It's important to know that quaternions are in no way required to implement this solution. They're merely a way of representing an axis-angle rotation. Your objective is to build a matrix that rotates an object x radians around a certain axis, and it doesn't matter how this matrix is formed. Your API will have functions that do this for you, with or without the use of a quaternion.





You need to extract the local coordinate axes from the object's rotation matrix. This is very simple as they are just the 3 component column vectors of the matrix. Now if you want the object to roll in local space, you just rotate the object around the local z axis. Note that the initial state of the rotation matrix is the identity matrix, indicating a non-rotated object where the local and world axes are the same.
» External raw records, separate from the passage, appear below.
//! Events: whether one may happen, and that it happens.
ghost use Rattle.std.specs.Prelude.{◌≡◌, OnOk, OnErr, IsTrue};
ghost use Rattle.world_types.specs.declared.queue.Event.TheVariants.{Step, Answer};
ghost use Rattle.world_model.specs.AnyCode.Code.{flags};
ghost use Rattle.world_model.specs.AnyCode.World.{enabled, effect};
ghost use Rattle.unum_world.specs.declared.opening.Opening.{Opening};
ghost use Rattle.unum_world.specs.Openings.{codes_of};
ghost use Rattle.unum_world.specs.Traces.{world_of};
ghost use Rattle.unum_world.specs.OneStep.{takes_memory};
ghost use Rattle.unum_world.specs.Kept.{Keeps, Holds};

use crate::answers::answer;
use crate::mishaps::{crash, deliver, give_up};
use crate::opening::Opening;
use crate::steps::step;
use crate::world_state::WorldState;
use fn_wrapper::is_call;
use std::alloc::Global;
use unum_json::NoMemory;
use world_types::Event;

/// Whether an attempt lives, and has an operation before it.
pub fn may_step(now: &WorldState, attempt: u32) -> bool
    ensures { (o : Opening) → Holds o now.now → result ≡ enabled (codes_of o) (world_of o now.now) (Step attempt) }
{
    match now.hub.queue.attempt(attempt) {
        Some(t) => t.live && !is_call(&t.phase),
        None => false,
    }
}

/// Whether an attempt lives, and has the call of a function before it.
pub fn may_answer(now: &WorldState, attempt: u32) -> bool
    ensures { (o : Opening) → Holds o now.now → result ≡ enabled (codes_of o) (world_of o now.now) (Answer attempt) }
{
    match now.hub.queue.attempt(attempt) {
        Some(t) => t.live && is_call(&t.phase),
        None => false,
    }
}

/// Whether an event is enabled.
#[tactic(auto, unfolding(world_model::specs::AnyCode::World::enabled))]
pub fn may(now: &WorldState, event: Event) -> bool
    ensures { (o : Opening) → Holds o now.now → result ≡ enabled (codes_of o) (world_of o now.now) event }
{
    match event {
        Event::Deliver(inv) => now.hub.queue.can_deliver(inv),
        Event::Crash(attempt) => now.hub.queue.lives(attempt),
        Event::Step(attempt) => may_step(now, attempt),
        Event::Answer(attempt) => may_answer(now, attempt),
        Event::GiveUp(inv) => now.hub.queue.can_give_up(inv),
    }
}

/// Makes an event that is enabled.
pub fn make(alloc: Global, o: &Opening, now: &mut WorldState, event: Event) -> Result<(), NoMemory>
    requires holds { Holds o.now now.old }
    requires on { IsTrue (enabled (codes_of o.now) (world_of o.now now.old) event) }
    ensures ok { OnOk result (world_of o.now now.new ≡ effect flags (codes_of o.now) (world_of o.now now.old) event) }
    ensures err { OnErr result (world_of o.now now.new ≡ world_of o.now now.old) }
    ensures kept { Keeps o.now now.new }
    ensures memory { OnErr result (IsTrue (takes_memory (codes_of o.now) (world_of o.now now.old) event)) }
{
    match event {
        Event::Deliver(inv) => deliver(o, now, inv),
        Event::Crash(attempt) => {
            crash(o, now, attempt);
            Ok(())
        }
        Event::Step(attempt) => step(alloc, o, now, attempt),
        Event::Answer(attempt) => answer(alloc, o, now, attempt),
        Event::GiveUp(inv) => {
            give_up(o, now, inv);
            Ok(())
        }
    }
}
It's important to know that quaternions are in no way required to implement this solution. They're merely a way of representing an axis-angle rotation. Your objective is to build a matrix that rotates an object x radians around a certain axis, and it doesn't matter how this matrix is formed. Your API will have functions that do this for you, with or without the use of a quaternion.


First off, thanks for the reply taz. I'm pretty sure that i understand what you're saying at least to some extent. At least in theory, but clearly my understanding of matrix math is very rusty as i'm still having a hard time grasping this.

My assumption is this. I need to first get the orientation matrix of the object that I want to rotate, M1 lets call it. then I need get the objects initial state matrix which is the identity, M2 we'll say. Then perform the desired rotation on M2 and then add M1 back into M2?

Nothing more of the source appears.